# di seguito



## jackie_o

*C*iao,
qualcuno saprebbe dirmi la traduzione allo spagnolo di "di seguito"? Che in italiano equivarrebbe a "seguono", per poi fare una lista di cose. Mi suon "a seguir" però non so se è corretto.
Grazie


----------



## flljob

En seguida. Pero solo con el siguiente sentido: "en seguida enumeramos las condiciones que..."

Dependerá del contexto.


----------



## Lerma

_*A continuación*_.


----------



## honeyheart

Ci si vorrebbe tutto il contesto per trovare la traduzione piú giusta...


----------



## jackie_o

*O*k grazie,
la frase è "di seguito i collegamenti elettrici..." e poi c'è l'elenco dei collegamenti. Secondo me sia en seguida que a continuacion vanno bene.
*G*razie ancora


----------



## Neuromante

Es *a continuación *
*En seguida* no puede ser


----------



## honeyheart

Neuromante ha ragione: "a continuación" vuol dire "di seguito", invece "en seguida" vuol dire "subito".


----------



## gatogab

"en seguida" vuol dire "*subito dopo*".


----------



## Estopa

"Seguidamente" sería otra posibilidad


----------



## jackie_o

Gracias, al final he puesto "a continuacion".


----------



## Neuromante

Seguidamente equivale a "a continuación" pero cuando es una sucesión de acontecimientos. Aquí no es correcto por tratarse de un listado, sería como decir que los componentes del listado se suceden uno a otro en el tiempo.


----------



## 0scar

Sigue y continua es lo mismo.
Se usa hasta el cansancio en frases como "sigue en la página siguiente" o "una cosa sigue a la otra"

*seguir*
*4.     * prnl. Dicho de una cosa: Suceder a otra por orden, turno o número, o ser continuación de ella.


----------



## 0scar

"Sigue en la otra página"


----------



## jackie_o

Vale, entonces podría poner "siguen los actuadores...". Me parece el más justo. Tengo unos días para decidirme 
Gracias a todos!


----------



## gatogab

¿Actuadores?


----------



## Neuromante

Oscar:

*Seguidamente los ¿actuadores?*  es un conectivo para introducir lo que los actuadores hacen a continuación.
*Sigue en la otra página* significa que el listado ya se ha empezado en esa página o que, por el contrario, se corta el texto y se empieza de nuevo en la otra página (Quizás por que está pensado para poderlo separar y guardar aparte, pero en ese caso habría que indicar qué es lo que sigue.

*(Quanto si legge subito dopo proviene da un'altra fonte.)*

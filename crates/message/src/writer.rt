ghost use Rattle.std.specs.Prelude.{◌≡◌, ℕ, ◌+◌, ◌≤◌, List, [], ◌++◌, length};
ghost use Rattle.message.specs.Writing.{Written};

// A lent buffer, and how many bytes are written at its front.
#[derive(Drop)]
pub(crate) struct Writer<'b> {
    out: &'b mut [u8],
    len: usize,
}

impl<'b> Writer<'b> {
    // Nothing is written yet.
    pub(crate) fn new(out: &'b mut [u8]) -> Writer<'b>
        ensures same_reference { result.out.ghost_name ≡ out.entry.ghost_name }
        ensures room { length result.out.now ≡ length out.old }
        ensures written { Written result.len result.out.now [] out.old }
    {
        Writer { out, len: 0 }
    }

    // Puts a part behind what is written.
    pub(crate) fn put(&mut self, part: &[u8])
        requires { self.old.len + length part.now ≤ length self.old.out.now }
        ensures same_reference { self.new.out.ghost_name ≡ self.old.out.ghost_name }
        ensures len { self.new.len ≡ self.old.len + length part.now }
        ensures room { length self.new.out.now ≡ length self.old.out.now }
        ensures written { (text lent : List ℕ) → Written self.old.len self.old.out.now text lent → Written self.new.len self.new.out.now (text ++ part.now) lent }
    {
        let end = self.len + part.len();
        self.out[self.len..end].copy_from_slice(part);
        self.len = end;
    }

    pub(crate) fn len(&self) -> usize
        ensures { result ≡ self.now.len }
    {
        self.len
    }
}
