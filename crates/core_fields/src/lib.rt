// The header core (EN 301 234, clause 5.1): 7 bytes with the four fields BodySize, HeaderSize,
// ContentType and ContentSubType, read off any bytes. Bytes that are not there read as 0, so that
// a header segment of any length can be asked what it says.
#![tactic(auto)]

ghost use Rattle.std.specs.Prelude.{◌≡◌, ◌<◌, get_or};
ghost use Rattle.cut.specs.Requirement.{body_size, header_size, content_type, content_sub_type};

fn octet(bytes: &[u8], at: usize) -> u32
    ensures { (result ≡ get_or bytes.now at 0) × (result < 256) }
{
    bytes.get(at).map_or(0, |octet| u32::from(*octet))
}

// It has 28 bits.
#[tactic(auto, unfolding(cut::specs::Requirement::body_size))]
pub fn body_size(bytes: &[u8]) -> u32
    ensures { (result ≡ body_size bytes.now) × (result < 268435456) }
{
    octet(bytes, 0) * 0x100000
        + octet(bytes, 1) * 0x1000
        + octet(bytes, 2) * 0x10
        + octet(bytes, 3) / 0x10
}

#[tactic(auto, unfolding(cut::specs::Requirement::header_size))]
pub fn header_size(bytes: &[u8]) -> u16
    ensures { result ≡ header_size bytes.now }
{
    (octet(bytes, 3) % 0x10 * 0x200 + octet(bytes, 4) * 2 + octet(bytes, 5) / 0x80) as u16
}

#[tactic(auto, unfolding(cut::specs::Requirement::content_type))]
pub fn content_type(bytes: &[u8]) -> u8
    ensures { result ≡ content_type bytes.now }
{
    (octet(bytes, 5) % 0x80 / 2) as u8
}

#[tactic(auto, unfolding(cut::specs::Requirement::content_sub_type))]
pub fn content_sub_type(bytes: &[u8]) -> u16
    ensures { result ≡ content_sub_type bytes.now }
{
    (octet(bytes, 5) % 2 * 0x100 + octet(bytes, 6)) as u16
}
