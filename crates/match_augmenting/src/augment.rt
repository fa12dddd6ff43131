// The matching after a search that reached an exposed vertex: one arc more.
ghost use Rattle.std.specs.Prelude.{◌<◌, length};
ghost use Rattle.arc_index.specs.Columns.{record_tails, record_heads, record_weights};
ghost use Rattle.match_augmenting.specs.Augmenting.{Alternating, Augmented};

use arc_index::NO_ARC;
use match_state::arc_at;

// The exposed left vertex r is matched by its parent arc; who was matched to the head of that arc is exposed, and goes on in the same way, up to the root t.
pub(crate) fn augment(
    r: usize,
    t: usize,
    records: &[u32],
    pi: &[u32],
    par: &[u16],
    order: &[u8],
    mate: &mut [u16],
)
    requires { Alternating (length order.now) (length pi.now) (record_tails records.now) (record_heads records.now) (record_weights records.now) mate.old pi.now par.now order.now t r }
    ensures { Augmented (length order.now) (length pi.now) (record_tails records.now) (record_heads records.now) (record_weights records.now) mate.old pi.now t mate.new }
{
    let mut a = r;
    loop {
        let e = par[a];
        let arc = arc_at(e as usize, records);
        let b = arc.head as usize;
        let f = mate[b];
        mate[a] = e;
        mate[b] = e;
        if NO_ARC <= f {
            return;
        }
        let freed = arc_at(f as usize, records);
        a = freed.tail as usize;
        mate[a] = NO_ARC;
    }
}
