// Potentials after a search that reached an exposed vertex.
ghost use Rattle.std.specs.Prelude.{◌≡◌, ℕ, ◌<◌, ◌≤◌, length};
ghost use Rattle.packed_arcs.specs.Entries.{entry};
ghost use Rattle.arc_index.specs.ArcIndex.{no_arc};
ghost use Rattle.arc_index.specs.Columns.{record_tails, record_heads, record_weights};
ghost use Rattle.match_state.specs.Matching.{State};
ghost use Rattle.match_augmenting.specs.Augmenting.{LowPair, pair_raised, Raised};

use match_state::arc_at;

// The potentials of the left vertex a and of what it is matched to rise by what a is nearer than d, if it is.
fn raise_pair(a: usize, d: u32, records: &[u32], mate: &[u16], dist: &[u32], pi: &mut [u32])
    requires { (a < length dist.now) × (d ≤ 8322818) × (entry dist.now a < d → LowPair (record_heads records.now) mate.now (length records.now) pi.old a) }
    ensures { pi.new ≡ pair_raised (record_heads records.now) mate.now dist.now d a pi.old }
{
    let far = dist[a];
    if d <= far {
        return;
    }
    let up = d - far;
    let arc = arc_at(mate[a] as usize, records);
    pi[a] += up;
    pi[arc.head as usize] += up;
}

// Potentials rise after a search from the root t that reached the distance d: those of left vertices that are nearer, by what they are nearer, and what they are matched to as much; the root by d.
pub(crate) fn raise(t: usize, d: u32, records: &[u32], mate: &[u16], dist: &[u32], pi: &mut [u32])
    requires state { State (length dist.now) (length pi.old) (record_tails records.now) (record_heads records.now) (record_weights records.now) mate.now pi.old }
    requires d_bound { (d ≤ 8322818) × (length dist.now ≤ t) × (t < length pi.old) × (entry mate.now t ≡ no_arc) × ((a : ℕ) → a < length dist.now → entry mate.now a ≡ no_arc → d ≤ entry dist.now a) }
    ensures { Raised (length dist.now) (record_tails records.now) mate.now dist.now t d pi.old pi.new }
{
    for a in 0..dist.len() {
        raise_pair(a, d, records, mate, dist, pi);
    }
    pi[t] += d;
}
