// What follows a search that reached an exposed left vertex: potentials rise, and the matching grows along the path that was found.
#![tactic(auto)]

ghost use Rattle.std.specs.Prelude.{length};
ghost use Rattle.arc_index.specs.Columns.{record_tails, record_heads, record_weights};
ghost use Rattle.match_state.specs.Matching.{State};
ghost use Rattle.match_tree.specs.Tree.{Reached};
ghost use Rattle.match_augmenting.specs.Augmenting.{Augmented};

use augment::augment;
use raise::raise;

mod augment;
mod raise;

// The order of the vertex that was reached: after all others.
const LAST: u8 = 255;

// Matches the exposed right vertex t, from which a search reached the exposed left vertex r.
pub fn match_reached(
    r: usize,
    t: usize,
    records: &[u32],
    dist: &[u32],
    par: &[u16],
    order: &mut [u8],
    mate: &mut [u16],
    pi: &mut [u32],
)
    requires state { State (length dist.now) (length pi.old) (record_tails records.now) (record_heads records.now) (record_weights records.now) mate.old pi.old }
    requires reached { Reached (length dist.now) (length pi.old) (record_tails records.now) (record_heads records.now) (record_weights records.now) mate.old pi.old t dist.now par.now order.old r }
    ensures { Augmented (length dist.now) (length pi.old) (record_tails records.now) (record_heads records.now) (record_weights records.now) mate.old pi.new t mate.new }
{
    let d = dist[r];
    raise(t, d, records, mate, dist, pi);
    order[r] = LAST;
    augment(r, t, records, pi, par, order, mate);
}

En todo caso "Sigue" implica "sucesión" y "continúa" implica "continuación" No siempre son intercambiables.


----------



## gatogab

jackie_o said:


> Gracias, al final he puesto "a continuacion".


E tagli la testa al toro.


----------



## jackie_o

*S*e trata de un traducciòn técnica. Actudores serìan "actuadores eléctricos"......
*G*racias


----------